Margetuximab is a monoclonal antibody derived from the parent compound of trastuzumab. Though both margetuximab and trastuzumab bind to the same epitope of HER2 and demonstrate similar affinity and antiproliferative activity, margetuximab’s Fc region is engineered to increase affinity for the activating Fc receptor (FcR) CD16A while decreasing affinity for the inhibitory FcR CD32B. 21-23 The randomized phase 3 open-label SOPHIA trial evaluated margetuximab in patients with metastatic HER2BC who had received one to three prior lines of therapy, including pertuzumab, in the metastatic setting. Patients were randomized 1:1 to margetuximab 15 mg/kg or trastuzumab intravenously every 3 weeks, in addition to capecitabine, eribulin, gemcitabine, or vinorelbine. Initial results were presented at the 2019 American Society of Clinical Oncology annual meeting. 22 In the intention-to-treat (ITT) analysis of 536 patients, margetuximab showed an improved PFS versus trastuzumab, with a median of 5.8 months versus 4.9 months (HR, 0.76; 95% CI, 0.59–0.98; p = .033).
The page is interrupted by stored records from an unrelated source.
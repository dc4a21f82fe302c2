ghost use Rattle.std.specs.Prelude.{◌≡◌, ◌++◌, cond, IfOk, OnOk};
ghost use Rattle.std.specs.Option.{option_copied, option_map, option_to_list};
ghost use Rattle.od_sync.specs.Agreeing.{agreed_file, agreed_folder, agreed_on, agreed_row, agreed_rows, agreement, dropped_paths, entry_on, is_dropped, landed_as, landed_row, landed_rows, row_of};

use crate::scanning::Node;
use gd_item::{Digest, Item, Kind};
use gd_names::{List, NoMemory, Path};
use od_keeper::{Agreed, BaseRow, Change};
use std::alloc::{AllocError, Global};

/// What stands at a path of entries, if anything does.
pub(crate) fn entry_on<'a, X>(entries: &'a [(Path, X)], path: &Path) -> Option<&'a X>
    ensures { option_copied result ≡ entry_on entries.now path.now }
{
    for entry in entries {
        if entry.0 == *path {
            return Some(&entry.1);
        }
    }
    None
}

/// Adds a thing to a list, if there is one.
pub(crate) fn push_if_some<T: Drop>(list: &mut List<T>, thing: Option<T>) -> Result<(), NoMemory>
    ensures { OnOk result (list.new ≡ list.old ++ option_to_list thing) }
{
    match thing {
        Some(thing) => {
            list.push(thing)?;
            Ok(())
        }
        None => Ok(()),
    }
}

fn agreed_file(digest: Digest, kind: Kind) -> Option<Agreed>
    ensures { result ≡ agreed_file digest kind }
{
    match kind {
        Kind::Folder { .. } => None,
        Kind::File { digest: other } => {
            if digest == other {
                Some(Agreed::File(digest))
            } else {
                None
            }
        }
        Kind::Bare => None,
        Kind::Deleted => None,
    }
}

fn agreed_folder(kind: Kind) -> Option<Agreed>
    ensures { result ≡ agreed_folder kind }
{
    match kind {
        Kind::Folder { .. } => Some(Agreed::Folder),
        Kind::File { .. } => None,
        Kind::Bare => None,
        Kind::Deleted => None,
    }
}

/// What a local entry and one of the drive agree on, where they are the same.
fn agreed_on(node: Node, item: Option<&Item>) -> Option<Agreed>
    ensures { result ≡ agreed_on node (option_copied item.entry) }
{
    match item {
        Some(item) => match node {
            Node::Folder => agreed_folder(item.kind),
            Node::File(digest) => agreed_file(digest, item.kind),
        },
        None => None,
    }
}

/// What both sides agree on once the bytes that were on their way are on the drive.
fn landed_as(flight: Option<Digest>, item: Option<&Item>) -> Option<Agreed>
    ensures { result ≡ landed_as flight (option_copied item.entry) }
{
    match flight {
        Some(digest) => match item {
            Some(item) => agreed_file(digest, item.kind),
            None => None,
        },
        None => None,
    }
}

/// The row of an agreement, if there is one.
fn row_of(path: &Path, what: Option<Agreed>) -> Result<Option<BaseRow>, AllocError>
    ensures { IfOk result (λ row. row ≡ option_map (row_of path.now) what) }
{
    match what {
        Some(what) => Ok(Some(BaseRow {
            path: path.clone()?,
            what,
            flight: None,
        })),
        None => Ok(None),
    }
}

fn landed_row(remote: &[(Path, Item)], row: &BaseRow) -> Result<Option<BaseRow>, AllocError>
    ensures { IfOk result (λ landed. landed ≡ landed_row remote.now row.now) }
{
    row_of(
        &row.path,
        landed_as(row.flight, entry_on(remote, &row.path)),
    )
}

fn agreed_row(remote: &[(Path, Item)], entry: &(Path, Node)) -> Result<Option<BaseRow>, AllocError>
    ensures { IfOk result (λ row. row ≡ agreed_row remote.now entry.now) }
{
    row_of(&entry.0, agreed_on(entry.1, entry_on(remote, &entry.0)))
}

/// Adds the rows whose bytes have come to the drive.
fn push_landed(
    agreed: &mut List<BaseRow>,
    rows: &[BaseRow],
    remote: &[(Path, Item)],
) -> Result<(), NoMemory>
    ensures { OnOk result (agreed.new ≡ agreed.old ++ landed_rows rows.now remote.now) }
{
    for row in rows {
        let landed = landed_row(remote, row)?;
        push_if_some(agreed, landed)?;
    }
    Ok(())
}

/// Adds the rows of the entries that both sides have.
fn push_agreed(
    agreed: &mut List<BaseRow>,
    local: &[(Path, Node)],
    remote: &[(Path, Item)],
) -> Result<(), NoMemory>
    ensures { OnOk result (agreed.new ≡ agreed.old ++ agreed_rows local.now remote.now) }
{
    for entry in local {
        let row = agreed_row(remote, entry)?;
        push_if_some(agreed, row)?;
    }
    Ok(())
}

fn is_dropped(local: &[(Path, Node)], remote: &[(Path, Item)], row: &BaseRow) -> bool
    ensures { result ≡ is_dropped local.now remote.now row.now }
{
    row.flight.is_none()
        && entry_on(local, &row.path).is_none()
        && entry_on(remote, &row.path).is_none()
}

/// The path of a row that neither side has.
fn dropped_path(
    local: &[(Path, Node)],
    remote: &[(Path, Item)],
    row: &BaseRow,
) -> Result<Option<Path>, AllocError>
    ensures { IfOk result (λ path. path ≡ cond (is_dropped local.now remote.now row.now) (Some row.now.path) None) }
{
    if is_dropped(local, remote, row) {
        Ok(Some(row.path.clone()?))
    } else {
        Ok(None)
    }
}

/// The paths of rows that neither side has.
fn dropped_paths(
    alloc: Global,
    rows: &[BaseRow],
    local: &[(Path, Node)],
    remote: &[(Path, Item)],
) -> Result<List<Path>, NoMemory>
    ensures { IfOk result (λ paths. paths ≡ dropped_paths rows.now local.now remote.now) }
{
    let mut paths = List::new(alloc);
    for row in rows {
        let path = dropped_path(local, remote, row)?;
        push_if_some(&mut paths, path)?;
    }
    Ok(paths)
}

/// The change of the image after a look at both sides: what they agree on now.
pub fn agree(
    alloc: Global,
    rows: &[BaseRow],
    local: &[(Path, Node)],
    remote: &[(Path, Item)],
) -> Result<Change, NoMemory>
    ensures { IfOk result (λ change. change ≡ agreement rows.now local.now remote.now) }
{
    let dropped = dropped_paths(alloc, rows, local, remote)?;
    let mut agreed = List::new(alloc);
    push_landed(&mut agreed, rows, remote)?;
    push_agreed(&mut agreed, local, remote)?;
    Ok(Change {
        reset: false,
        rules: None,
        token: None,
        gone: List::new(alloc),
        put: List::new(alloc),
        dropped,
        rows: agreed,
    })
}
The subset of patients with CD16A genotypes containing a 158F allele (a population that has been found to be less responsive to trastuzumab) saw an even greater PFS benefit with margetuximab, with a median of 6.9 months versus 5.1 months (HR, 0.68; 95% CI, 0.52–0.90; p = .005). Data from the second interim OS analysis were presented at the 2019 San Antonio Breast Cancer Symposium. After a median follow-up of 15.6 months, the median OS in the ITT population was 21.6 months with margetuximab versus 19.8 months with trastuzumab plus chemotherapy (HR, 0.89; 95% CI, 0.69–1.13; p = .326). 23 Again, the outcomes were more pronounced in the patients with CD16A 158F allele, with a median OS of 23.7 months with margetuximab versus 19.4 months with trastuzumab (HR, 0.79; 95% CI, 0.61–1.04; p = .087). Though the OS data on margetuximab are not yet mature, preliminary outcomes are promising, and it is hoped that they will lead to another option for HER2-directed therapy.


The recent advances in the treatment of HER2-positive metastatic breast cancer provide promising options for many patients who have exhausted first- and second-line therapies for this breast cancer subtype. Fam-trastuzumab deruxtecan, as well as the combinations of neratinib and capecitabine and of tucatinib, capecitabine, and trastuzumab, have gained recent FDA approvals for treating metastatic HER2BC. Margetuximab may add to future treatment paradigms. Further discussions and ongoing studies will seek to define the optimal sequencing of these recent approvals, as well as the use of fam-trastuzumab deruxtecan for patients with HER2-low- expressing breast cancer.